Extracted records
----------------------------------------

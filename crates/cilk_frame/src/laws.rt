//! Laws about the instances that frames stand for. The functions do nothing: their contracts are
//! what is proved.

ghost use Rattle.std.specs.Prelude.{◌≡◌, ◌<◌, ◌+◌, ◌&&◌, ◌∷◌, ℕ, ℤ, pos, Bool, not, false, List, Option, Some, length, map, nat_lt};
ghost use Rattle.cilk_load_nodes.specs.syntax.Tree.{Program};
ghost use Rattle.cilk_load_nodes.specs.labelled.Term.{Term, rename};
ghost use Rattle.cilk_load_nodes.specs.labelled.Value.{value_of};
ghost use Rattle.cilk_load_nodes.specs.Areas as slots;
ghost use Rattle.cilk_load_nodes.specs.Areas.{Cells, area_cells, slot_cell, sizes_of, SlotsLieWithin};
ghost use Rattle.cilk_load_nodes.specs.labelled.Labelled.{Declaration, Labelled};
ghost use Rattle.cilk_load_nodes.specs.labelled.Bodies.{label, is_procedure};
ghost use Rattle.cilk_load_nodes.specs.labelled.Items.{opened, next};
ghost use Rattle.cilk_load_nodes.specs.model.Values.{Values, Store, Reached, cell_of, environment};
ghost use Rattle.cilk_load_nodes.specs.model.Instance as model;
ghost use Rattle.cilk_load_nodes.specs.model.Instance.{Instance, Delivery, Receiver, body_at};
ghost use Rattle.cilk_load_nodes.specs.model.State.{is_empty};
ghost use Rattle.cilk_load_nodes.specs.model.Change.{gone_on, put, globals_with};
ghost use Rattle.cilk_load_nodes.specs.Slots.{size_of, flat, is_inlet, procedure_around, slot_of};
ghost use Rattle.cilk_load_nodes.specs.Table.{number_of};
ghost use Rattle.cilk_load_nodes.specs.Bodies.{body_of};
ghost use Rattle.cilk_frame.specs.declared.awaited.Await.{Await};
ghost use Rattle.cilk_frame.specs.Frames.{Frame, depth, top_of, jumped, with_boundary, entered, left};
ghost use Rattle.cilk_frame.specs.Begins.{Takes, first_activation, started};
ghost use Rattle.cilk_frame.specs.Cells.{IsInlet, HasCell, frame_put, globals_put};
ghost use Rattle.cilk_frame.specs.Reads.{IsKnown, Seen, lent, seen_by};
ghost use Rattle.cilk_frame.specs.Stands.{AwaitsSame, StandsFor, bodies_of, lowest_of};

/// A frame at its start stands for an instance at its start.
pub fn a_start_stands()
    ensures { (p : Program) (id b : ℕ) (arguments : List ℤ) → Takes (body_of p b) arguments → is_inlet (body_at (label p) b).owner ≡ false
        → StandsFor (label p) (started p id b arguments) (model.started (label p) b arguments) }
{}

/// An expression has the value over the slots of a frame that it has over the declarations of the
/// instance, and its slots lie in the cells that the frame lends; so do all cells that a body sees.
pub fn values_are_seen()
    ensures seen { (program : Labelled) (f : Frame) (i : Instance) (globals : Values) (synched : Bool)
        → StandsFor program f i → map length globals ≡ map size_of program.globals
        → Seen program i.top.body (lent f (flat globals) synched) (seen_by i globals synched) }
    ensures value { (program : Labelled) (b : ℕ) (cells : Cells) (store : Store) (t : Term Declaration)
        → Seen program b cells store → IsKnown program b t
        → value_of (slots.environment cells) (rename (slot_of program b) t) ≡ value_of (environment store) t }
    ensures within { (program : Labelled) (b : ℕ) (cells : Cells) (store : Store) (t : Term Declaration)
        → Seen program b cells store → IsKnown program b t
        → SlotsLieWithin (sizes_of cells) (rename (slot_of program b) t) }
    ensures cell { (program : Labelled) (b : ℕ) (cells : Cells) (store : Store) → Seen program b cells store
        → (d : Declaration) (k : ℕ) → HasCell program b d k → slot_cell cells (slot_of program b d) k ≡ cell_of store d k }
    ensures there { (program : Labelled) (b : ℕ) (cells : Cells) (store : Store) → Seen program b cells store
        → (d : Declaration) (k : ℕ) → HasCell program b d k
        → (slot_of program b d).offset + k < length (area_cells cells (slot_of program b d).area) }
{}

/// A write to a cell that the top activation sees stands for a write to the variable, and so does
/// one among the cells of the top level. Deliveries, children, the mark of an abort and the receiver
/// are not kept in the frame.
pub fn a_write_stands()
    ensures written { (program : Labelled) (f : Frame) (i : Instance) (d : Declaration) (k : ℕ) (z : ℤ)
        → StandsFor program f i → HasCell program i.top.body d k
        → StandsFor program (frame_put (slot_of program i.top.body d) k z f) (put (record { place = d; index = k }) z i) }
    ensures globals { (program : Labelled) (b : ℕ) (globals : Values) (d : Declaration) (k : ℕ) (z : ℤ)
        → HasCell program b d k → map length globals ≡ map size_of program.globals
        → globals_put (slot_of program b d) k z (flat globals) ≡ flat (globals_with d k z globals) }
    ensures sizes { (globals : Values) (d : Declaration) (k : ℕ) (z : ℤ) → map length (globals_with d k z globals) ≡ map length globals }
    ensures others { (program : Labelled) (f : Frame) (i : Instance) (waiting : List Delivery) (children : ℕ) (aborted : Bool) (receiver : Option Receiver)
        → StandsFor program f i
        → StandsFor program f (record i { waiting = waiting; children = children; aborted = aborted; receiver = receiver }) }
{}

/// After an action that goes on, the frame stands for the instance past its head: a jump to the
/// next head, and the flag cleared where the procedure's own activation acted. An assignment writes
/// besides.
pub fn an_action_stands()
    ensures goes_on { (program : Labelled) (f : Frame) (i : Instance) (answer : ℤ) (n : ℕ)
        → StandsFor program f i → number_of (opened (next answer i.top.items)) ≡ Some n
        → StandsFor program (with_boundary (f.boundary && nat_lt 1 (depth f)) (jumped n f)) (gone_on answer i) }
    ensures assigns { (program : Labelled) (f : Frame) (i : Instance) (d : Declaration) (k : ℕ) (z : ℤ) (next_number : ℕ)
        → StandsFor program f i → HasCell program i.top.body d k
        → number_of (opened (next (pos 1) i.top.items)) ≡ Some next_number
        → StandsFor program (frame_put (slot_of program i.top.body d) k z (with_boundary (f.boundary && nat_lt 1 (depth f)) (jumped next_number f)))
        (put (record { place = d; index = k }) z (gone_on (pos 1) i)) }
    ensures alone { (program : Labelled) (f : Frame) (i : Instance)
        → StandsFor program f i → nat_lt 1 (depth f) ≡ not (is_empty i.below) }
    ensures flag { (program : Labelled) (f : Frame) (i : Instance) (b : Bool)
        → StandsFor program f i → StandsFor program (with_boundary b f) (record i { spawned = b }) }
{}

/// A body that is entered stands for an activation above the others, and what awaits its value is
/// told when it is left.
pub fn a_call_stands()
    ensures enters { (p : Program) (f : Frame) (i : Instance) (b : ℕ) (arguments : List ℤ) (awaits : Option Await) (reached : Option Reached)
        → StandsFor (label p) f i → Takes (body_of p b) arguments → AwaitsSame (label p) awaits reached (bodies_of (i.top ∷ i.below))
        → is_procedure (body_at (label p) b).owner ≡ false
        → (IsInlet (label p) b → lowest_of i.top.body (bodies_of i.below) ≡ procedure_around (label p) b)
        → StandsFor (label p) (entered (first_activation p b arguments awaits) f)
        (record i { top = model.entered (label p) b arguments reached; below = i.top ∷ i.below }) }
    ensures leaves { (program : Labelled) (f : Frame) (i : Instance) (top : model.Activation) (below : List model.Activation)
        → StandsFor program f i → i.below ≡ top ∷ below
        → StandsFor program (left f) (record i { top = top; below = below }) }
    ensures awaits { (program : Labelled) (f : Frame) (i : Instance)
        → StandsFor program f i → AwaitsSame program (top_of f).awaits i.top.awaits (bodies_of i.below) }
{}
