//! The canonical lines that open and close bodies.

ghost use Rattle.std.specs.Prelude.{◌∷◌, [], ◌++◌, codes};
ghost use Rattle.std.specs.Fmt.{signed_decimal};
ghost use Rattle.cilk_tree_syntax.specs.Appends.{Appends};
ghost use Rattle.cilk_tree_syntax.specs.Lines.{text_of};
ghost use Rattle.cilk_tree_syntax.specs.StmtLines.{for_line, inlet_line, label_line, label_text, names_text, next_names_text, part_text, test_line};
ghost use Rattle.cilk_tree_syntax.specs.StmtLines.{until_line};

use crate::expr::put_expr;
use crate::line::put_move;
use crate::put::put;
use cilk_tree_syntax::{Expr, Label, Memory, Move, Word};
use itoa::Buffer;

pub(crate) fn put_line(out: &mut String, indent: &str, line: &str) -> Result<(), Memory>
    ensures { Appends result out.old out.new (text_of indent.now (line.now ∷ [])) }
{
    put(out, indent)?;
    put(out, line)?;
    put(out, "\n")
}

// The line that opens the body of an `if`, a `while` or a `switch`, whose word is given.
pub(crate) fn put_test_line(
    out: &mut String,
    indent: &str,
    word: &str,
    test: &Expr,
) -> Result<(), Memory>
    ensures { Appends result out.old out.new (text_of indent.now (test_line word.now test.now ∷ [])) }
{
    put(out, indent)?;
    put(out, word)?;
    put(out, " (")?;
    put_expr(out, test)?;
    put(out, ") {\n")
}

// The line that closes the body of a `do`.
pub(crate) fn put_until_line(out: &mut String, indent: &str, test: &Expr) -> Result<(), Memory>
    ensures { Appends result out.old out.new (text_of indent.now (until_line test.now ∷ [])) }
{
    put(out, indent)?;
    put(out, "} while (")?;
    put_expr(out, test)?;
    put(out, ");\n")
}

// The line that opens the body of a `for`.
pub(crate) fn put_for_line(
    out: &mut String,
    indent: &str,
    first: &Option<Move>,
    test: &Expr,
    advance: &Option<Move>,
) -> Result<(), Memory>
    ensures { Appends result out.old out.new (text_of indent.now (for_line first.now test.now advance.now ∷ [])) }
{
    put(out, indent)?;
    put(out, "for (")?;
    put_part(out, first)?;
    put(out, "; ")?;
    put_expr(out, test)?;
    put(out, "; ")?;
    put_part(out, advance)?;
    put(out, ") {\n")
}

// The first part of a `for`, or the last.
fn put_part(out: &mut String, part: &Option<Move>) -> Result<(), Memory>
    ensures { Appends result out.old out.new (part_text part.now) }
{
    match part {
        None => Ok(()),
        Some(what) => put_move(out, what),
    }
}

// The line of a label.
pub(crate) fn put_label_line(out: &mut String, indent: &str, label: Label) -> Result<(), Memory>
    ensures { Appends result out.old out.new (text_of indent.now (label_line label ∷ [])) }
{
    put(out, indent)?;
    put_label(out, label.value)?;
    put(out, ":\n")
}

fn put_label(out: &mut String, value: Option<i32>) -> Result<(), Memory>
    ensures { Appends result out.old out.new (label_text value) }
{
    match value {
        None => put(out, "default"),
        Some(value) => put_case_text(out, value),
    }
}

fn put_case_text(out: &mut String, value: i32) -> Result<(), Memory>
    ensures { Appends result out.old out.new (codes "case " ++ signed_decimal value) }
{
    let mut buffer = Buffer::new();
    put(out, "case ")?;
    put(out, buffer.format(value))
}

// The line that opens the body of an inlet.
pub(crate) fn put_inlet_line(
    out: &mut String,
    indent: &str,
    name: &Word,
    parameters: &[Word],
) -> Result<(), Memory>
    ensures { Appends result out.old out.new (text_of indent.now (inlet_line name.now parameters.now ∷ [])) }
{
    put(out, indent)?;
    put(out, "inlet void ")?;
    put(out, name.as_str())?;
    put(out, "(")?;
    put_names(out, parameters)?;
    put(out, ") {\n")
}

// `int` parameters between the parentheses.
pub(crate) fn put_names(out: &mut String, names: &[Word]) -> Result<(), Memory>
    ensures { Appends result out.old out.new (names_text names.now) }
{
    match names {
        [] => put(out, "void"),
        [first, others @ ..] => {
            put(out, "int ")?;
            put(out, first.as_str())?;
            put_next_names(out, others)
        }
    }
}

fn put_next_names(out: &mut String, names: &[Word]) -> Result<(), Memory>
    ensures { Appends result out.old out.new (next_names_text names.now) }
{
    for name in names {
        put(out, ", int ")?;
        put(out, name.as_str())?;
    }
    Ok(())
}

----------------------------------------

# [WORK REQUEST]
What lines in the data include the string "Term"? Copy each one.

# [RESPONSE TO THIS TASK]
ghost use Rattle.cilk_load_nodes.specs.labelled.Term.{Term, rename};
    ensures value { (program : Labelled) (b : ℕ) (cells : Cells) (store : Store) (t : Term Declaration)
    ensures within { (program : Labelled) (b : ℕ) (cells : Cells) (store : Store) (t : Term Declaration)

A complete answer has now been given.